Weil er sich wiederholt durch einen bellenden Hund in seiner Nachtruhe gestört fühlte, hat ein Mann in Karlsbad (Kreis Karlsruhe) per Flugblatt zur Tötung des Tieres aufgerufen.

Zwei Monate nach dem Verteilen der Flugblätter, hat die Polizei ihn nun identifiziert. Als dringend tatverdächtig gilt ein 48-Jähriger. Ihn erwartet nun ein Strafverfahren wegen Verleumdung und wegen öffentlicher Aufforderung zu einer Straftat. In den Anfang Oktober verteilten Flugblättern hatte der Mann für die Tötung des Hundes eine Belohnung von 1.000 Euro in Aussicht gestellt und einen Unbeteiligten als Verfasser genannt.

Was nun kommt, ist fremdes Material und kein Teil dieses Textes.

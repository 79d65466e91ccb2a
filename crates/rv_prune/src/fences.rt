//! The fences of releases and acquires, as `specs/Fences.antt` has them.
ghost use Rattle.std.specs.Prelude.{◌≡◌, false};
ghost use Rattle.std.specs.Option.{option_map_or};
ghost use Rattle.rv_prune.specs.Fences as spec;

use crate::code::instruction_at;
use rv_elf::Image;
use rv_isa::instr::Instr;
use rv_isa::op::Op;
use rv_isa::shape::Shape;

/// What may stand between an access and its fence, besides words that access nothing.
#[derive(Clone, Copy)]
pub(crate) enum Between {
    Anything,
    NoWrite,
    NoRead,
}

pub(crate) fn is_fence(op: Op) -> bool
    ensures { result ≡ spec.is_fence op }
{
    matches!(op, Op::Fence)
}

/// After it another word than the next may come.
pub fn may_leave(op: Op) -> bool
    ensures { result ≡ spec.may_leave op }
{
    match op {
        Op::Jal | Op::Jalr | Op::Ecall | Op::Ebreak => true,
        Op::Beq | Op::Bne | Op::Blt | Op::Bge | Op::Bltu | Op::Bgeu => true,
        _ => false,
    }
}

/// The fence is a normal one or FENCE.TSO.
fn is_normal(fence: &Instr) -> bool
    ensures { result ≡ spec.is_normal fence.now }
{
    let mode = fence.imm.cast_unsigned() / 256;
    mode == 0 || mode == 8
}

fn has_order(bits: u32, fence: &Instr) -> bool
    ensures { result ≡ spec.has_order bits fence.now }
{
    fence.imm.cast_unsigned() & bits == bits && is_normal(fence)
}

fn orders_a_store(fence: &Instr) -> bool
    ensures { result ≡ spec.orders_a_store fence.now }
{
    has_order(0x031, fence)
}

pub(crate) fn orders_a_load(fence: &Instr) -> bool
    ensures { result ≡ spec.orders_a_load fence.now }
{
    has_order(0x023, fence)
}

fn is_pause(found: &Instr) -> bool
    ensures { result ≡ spec.is_pause found.now }
{
    is_fence(found.op) && is_normal(found) && found.imm.cast_unsigned() % 256 == 0x010
}

/// A fence that orders: not PAUSE, the hint.
pub(crate) fn is_order(found: &Instr) -> bool
    ensures { result ≡ spec.is_order found.now }
{
    is_fence(found.op) && !is_pause(found)
}

fn writes(shape: Shape) -> bool
    ensures { result ≡ spec.writes shape }
{
    matches!(shape, Shape::PlainStore(_) | Shape::Sc | Shape::Amo)
}

fn reads(shape: Shape) -> bool
    ensures { result ≡ spec.reads shape }
{
    matches!(shape, Shape::PlainLoad(_) | Shape::Lr | Shape::Amo)
}

fn is_passed(between: Between, shape: Shape) -> bool
    ensures { result ≡ spec.is_passed between shape }
{
    match between {
        Between::Anything => true,
        Between::NoWrite => !writes(shape),
        Between::NoRead => !reads(shape),
    }
}

/// The nearest fence among the words at these addresses, the nearest first.
fn nearest_fence(between: Between, image: &Image, addresses: &[u32]) -> Option<Instr>
    ensures { result ≡ spec.nearest_fence between image.now addresses.now }
{
    let [address, farther @ ..] = addresses else {
        return None;
    };
    let found = instruction_at(image, *address)?;
    if is_order(&found) {
        Some(found)
    } else if !may_leave(found.op) && is_passed(between, found.shape()) {
        nearest_fence(between, image, farther)
    } else {
        None
    }
}

/// The sixteen words in front of an address, the nearest first.
#[tactic(auto, unfolding(crate::specs::Fences::words_before))]
pub(crate) fn words_before(pc: u32) -> [u32; 16]
    ensures { result ≡ spec.words_before pc }
{
    [
        pc.wrapping_sub(4),
        pc.wrapping_sub(8),
        pc.wrapping_sub(12),
        pc.wrapping_sub(16),
        pc.wrapping_sub(20),
        pc.wrapping_sub(24),
        pc.wrapping_sub(28),
        pc.wrapping_sub(32),
        pc.wrapping_sub(36),
        pc.wrapping_sub(40),
        pc.wrapping_sub(44),
        pc.wrapping_sub(48),
        pc.wrapping_sub(52),
        pc.wrapping_sub(56),
        pc.wrapping_sub(60),
        pc.wrapping_sub(64),
    ]
}

/// The sixteen words behind an address, the nearest first.
#[tactic(auto, unfolding(crate::specs::Fences::words_after))]
pub(crate) fn words_after(pc: u32) -> [u32; 16]
    ensures { result ≡ spec.words_after pc }
{
    [
        pc.wrapping_add(4),
        pc.wrapping_add(8),
        pc.wrapping_add(12),
        pc.wrapping_add(16),
        pc.wrapping_add(20),
        pc.wrapping_add(24),
        pc.wrapping_add(28),
        pc.wrapping_add(32),
        pc.wrapping_add(36),
        pc.wrapping_add(40),
        pc.wrapping_add(44),
        pc.wrapping_add(48),
        pc.wrapping_add(52),
        pc.wrapping_add(56),
        pc.wrapping_add(60),
        pc.wrapping_add(64),
    ]
}

fn finds_release(between: Between, image: &Image, addresses: &[u32]) -> bool
    ensures { result ≡ option_map_or spec.orders_a_store (spec.nearest_fence between image.now addresses.now) false }
{
    match nearest_fence(between, image, addresses) {
        Some(fence) => orders_a_store(&fence),
        None => false,
    }
}

fn finds_acquire(between: Between, image: &Image, addresses: &[u32]) -> bool
    ensures { result ≡ option_map_or spec.orders_a_load (spec.nearest_fence between image.now addresses.now) false }
{
    match nearest_fence(between, image, addresses) {
        Some(fence) => orders_a_load(&fence),
        None => false,
    }
}

/// Whether a store at this address would have a release's fence in front of it.
pub(crate) fn is_release(image: &Image, pc: u32) -> bool
    ensures { result ≡ spec.is_release image.now pc }
{
    let words = words_before(pc);
    finds_release(Between::Anything, image, &words[..4])
        || finds_release(Between::NoWrite, image, &words)
}

/// Whether a load at this address would have an acquire's fence behind it.
pub(crate) fn is_acquire(image: &Image, pc: u32) -> bool
    ensures { result ≡ spec.is_acquire image.now pc }
{
    let words = words_after(pc);
    finds_acquire(Between::Anything, image, &words[..4])
        || finds_acquire(Between::NoRead, image, &words)
}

Die Polizei schritt ein, nachdem der namentlich erwähnte angebliche Verfasser wegen Verleumdung Anzeige erstattet hatte. Die Beamten prüften in den vergangenen Wochen rund zwei Dutzend Flugblätter, die in Briefkästen, an Fahrzeugen und auf der Straße gefunden worden waren. Beim Vergleich mit früheren Beschwerdeschreiben des 48-Jährigen entdeckten sie inhaltliche und formale Übereinstimmungen. Damit konfrontiert, habe der Mann schließlich eingeräumt, die Flugblätter geschrieben und verteilt zu haben, so die Polizei am Donnerstag.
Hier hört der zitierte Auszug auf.